» **THE TASK**
Copy the entries below exactly, but only from the line containing "heap.close().close();" through the final line.

(Saved entries)
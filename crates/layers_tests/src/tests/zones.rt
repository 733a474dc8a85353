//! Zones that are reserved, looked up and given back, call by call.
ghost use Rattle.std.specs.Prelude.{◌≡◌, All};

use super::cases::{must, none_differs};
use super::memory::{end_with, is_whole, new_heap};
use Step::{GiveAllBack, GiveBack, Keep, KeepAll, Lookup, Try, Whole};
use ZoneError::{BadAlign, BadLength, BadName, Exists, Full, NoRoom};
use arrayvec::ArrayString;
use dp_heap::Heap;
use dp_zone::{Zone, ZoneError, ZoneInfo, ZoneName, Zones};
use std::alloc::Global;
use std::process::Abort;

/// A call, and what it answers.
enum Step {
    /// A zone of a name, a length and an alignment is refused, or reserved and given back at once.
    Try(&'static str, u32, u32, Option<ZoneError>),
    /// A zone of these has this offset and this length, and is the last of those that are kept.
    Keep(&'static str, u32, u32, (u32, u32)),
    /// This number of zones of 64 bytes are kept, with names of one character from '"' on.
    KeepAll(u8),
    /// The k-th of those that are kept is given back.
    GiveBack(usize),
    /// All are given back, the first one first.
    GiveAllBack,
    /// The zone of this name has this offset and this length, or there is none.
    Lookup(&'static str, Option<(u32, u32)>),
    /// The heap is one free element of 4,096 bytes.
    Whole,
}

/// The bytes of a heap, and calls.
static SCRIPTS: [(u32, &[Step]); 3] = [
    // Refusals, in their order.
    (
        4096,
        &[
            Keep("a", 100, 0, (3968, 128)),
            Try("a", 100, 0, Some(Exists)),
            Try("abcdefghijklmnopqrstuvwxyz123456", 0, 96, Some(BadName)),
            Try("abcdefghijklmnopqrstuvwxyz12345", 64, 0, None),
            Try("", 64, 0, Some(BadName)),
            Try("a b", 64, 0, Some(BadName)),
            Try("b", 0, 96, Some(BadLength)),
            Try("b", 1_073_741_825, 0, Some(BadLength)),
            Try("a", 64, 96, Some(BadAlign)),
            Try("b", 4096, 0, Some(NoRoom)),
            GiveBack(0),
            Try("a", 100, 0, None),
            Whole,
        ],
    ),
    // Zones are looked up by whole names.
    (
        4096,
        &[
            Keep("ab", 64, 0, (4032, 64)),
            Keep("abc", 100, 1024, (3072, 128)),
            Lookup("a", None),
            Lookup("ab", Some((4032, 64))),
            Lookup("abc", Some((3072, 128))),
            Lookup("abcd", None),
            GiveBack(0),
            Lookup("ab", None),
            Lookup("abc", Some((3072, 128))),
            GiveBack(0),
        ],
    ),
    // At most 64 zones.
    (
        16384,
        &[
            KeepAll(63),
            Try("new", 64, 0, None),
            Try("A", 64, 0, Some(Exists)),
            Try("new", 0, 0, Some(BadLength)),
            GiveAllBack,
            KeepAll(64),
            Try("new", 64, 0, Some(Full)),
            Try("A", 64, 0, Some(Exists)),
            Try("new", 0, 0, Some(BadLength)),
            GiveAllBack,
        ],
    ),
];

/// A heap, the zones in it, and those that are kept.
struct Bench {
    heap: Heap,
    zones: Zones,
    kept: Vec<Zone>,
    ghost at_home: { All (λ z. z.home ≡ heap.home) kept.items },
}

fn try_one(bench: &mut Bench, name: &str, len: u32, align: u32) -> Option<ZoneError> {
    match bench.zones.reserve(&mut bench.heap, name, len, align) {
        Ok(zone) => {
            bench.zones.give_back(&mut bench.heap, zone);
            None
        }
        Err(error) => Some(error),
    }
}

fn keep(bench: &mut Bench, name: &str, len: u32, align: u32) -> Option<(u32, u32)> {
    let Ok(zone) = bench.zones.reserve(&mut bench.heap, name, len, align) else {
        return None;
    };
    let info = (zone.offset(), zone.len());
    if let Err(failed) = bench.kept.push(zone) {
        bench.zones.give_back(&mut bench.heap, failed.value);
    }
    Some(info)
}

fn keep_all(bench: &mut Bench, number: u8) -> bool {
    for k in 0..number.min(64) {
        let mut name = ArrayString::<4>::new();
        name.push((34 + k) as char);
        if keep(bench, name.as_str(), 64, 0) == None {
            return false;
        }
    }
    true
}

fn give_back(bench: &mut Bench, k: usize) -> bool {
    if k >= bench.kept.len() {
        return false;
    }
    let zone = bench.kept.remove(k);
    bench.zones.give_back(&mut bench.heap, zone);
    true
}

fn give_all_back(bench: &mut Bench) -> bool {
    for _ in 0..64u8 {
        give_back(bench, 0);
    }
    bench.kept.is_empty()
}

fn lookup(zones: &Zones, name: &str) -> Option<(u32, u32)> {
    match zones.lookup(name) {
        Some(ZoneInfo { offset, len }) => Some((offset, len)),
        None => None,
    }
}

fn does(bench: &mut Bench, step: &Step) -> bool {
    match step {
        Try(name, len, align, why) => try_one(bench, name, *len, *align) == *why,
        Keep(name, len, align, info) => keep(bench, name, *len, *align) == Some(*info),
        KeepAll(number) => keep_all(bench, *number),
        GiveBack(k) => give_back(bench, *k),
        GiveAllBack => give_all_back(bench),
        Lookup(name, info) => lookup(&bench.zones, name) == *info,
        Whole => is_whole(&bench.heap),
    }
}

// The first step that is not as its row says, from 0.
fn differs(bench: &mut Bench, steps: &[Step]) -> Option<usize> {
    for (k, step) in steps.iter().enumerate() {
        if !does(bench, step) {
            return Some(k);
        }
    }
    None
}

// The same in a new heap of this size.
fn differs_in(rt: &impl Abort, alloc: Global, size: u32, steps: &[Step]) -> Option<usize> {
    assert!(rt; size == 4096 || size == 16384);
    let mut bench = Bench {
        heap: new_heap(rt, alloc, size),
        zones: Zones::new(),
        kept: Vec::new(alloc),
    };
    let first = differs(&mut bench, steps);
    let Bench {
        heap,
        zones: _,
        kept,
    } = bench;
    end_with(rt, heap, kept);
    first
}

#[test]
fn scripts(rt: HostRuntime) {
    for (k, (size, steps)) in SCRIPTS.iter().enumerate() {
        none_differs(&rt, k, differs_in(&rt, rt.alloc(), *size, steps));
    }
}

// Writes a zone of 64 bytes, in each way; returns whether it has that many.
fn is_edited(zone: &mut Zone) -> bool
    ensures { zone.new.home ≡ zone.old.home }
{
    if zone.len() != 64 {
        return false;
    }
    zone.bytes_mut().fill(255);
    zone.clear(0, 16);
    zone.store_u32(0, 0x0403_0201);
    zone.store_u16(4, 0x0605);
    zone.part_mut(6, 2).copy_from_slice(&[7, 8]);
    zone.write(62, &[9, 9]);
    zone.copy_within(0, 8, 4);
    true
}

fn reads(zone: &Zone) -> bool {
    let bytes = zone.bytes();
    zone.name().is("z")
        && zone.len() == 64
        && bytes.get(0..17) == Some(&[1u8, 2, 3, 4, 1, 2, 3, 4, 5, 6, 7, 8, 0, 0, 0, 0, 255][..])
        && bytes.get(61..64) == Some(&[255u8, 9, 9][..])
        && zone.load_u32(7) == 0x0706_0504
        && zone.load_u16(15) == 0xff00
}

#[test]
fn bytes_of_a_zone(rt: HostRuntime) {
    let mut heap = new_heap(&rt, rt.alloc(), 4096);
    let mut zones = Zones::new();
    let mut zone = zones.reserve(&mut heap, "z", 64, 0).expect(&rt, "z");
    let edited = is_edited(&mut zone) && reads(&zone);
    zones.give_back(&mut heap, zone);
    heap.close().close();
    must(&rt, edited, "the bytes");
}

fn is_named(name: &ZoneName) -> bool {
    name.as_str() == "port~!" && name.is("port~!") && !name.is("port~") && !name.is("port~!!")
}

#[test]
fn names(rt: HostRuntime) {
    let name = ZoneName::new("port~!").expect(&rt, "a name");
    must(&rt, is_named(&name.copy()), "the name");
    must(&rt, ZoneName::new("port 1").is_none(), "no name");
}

» **SOLUTION FOR THIS EXERCISE**
    heap.close().close();
    must(&rt, edited, "the bytes");
}

fn is_named(name: &ZoneName) -> bool {
    name.as_str() == "port~!" && name.is("port~!") && !name.is("port~") && !name.is("port~!!")
}

#[test]
fn names(rt: HostRuntime) {
    let name = ZoneName::new("port~!").expect(&rt, "a name");
    must(&rt, is_named(&name.copy()), "the name");
    must(&rt, ZoneName::new("port 1").is_none(), "no name");
}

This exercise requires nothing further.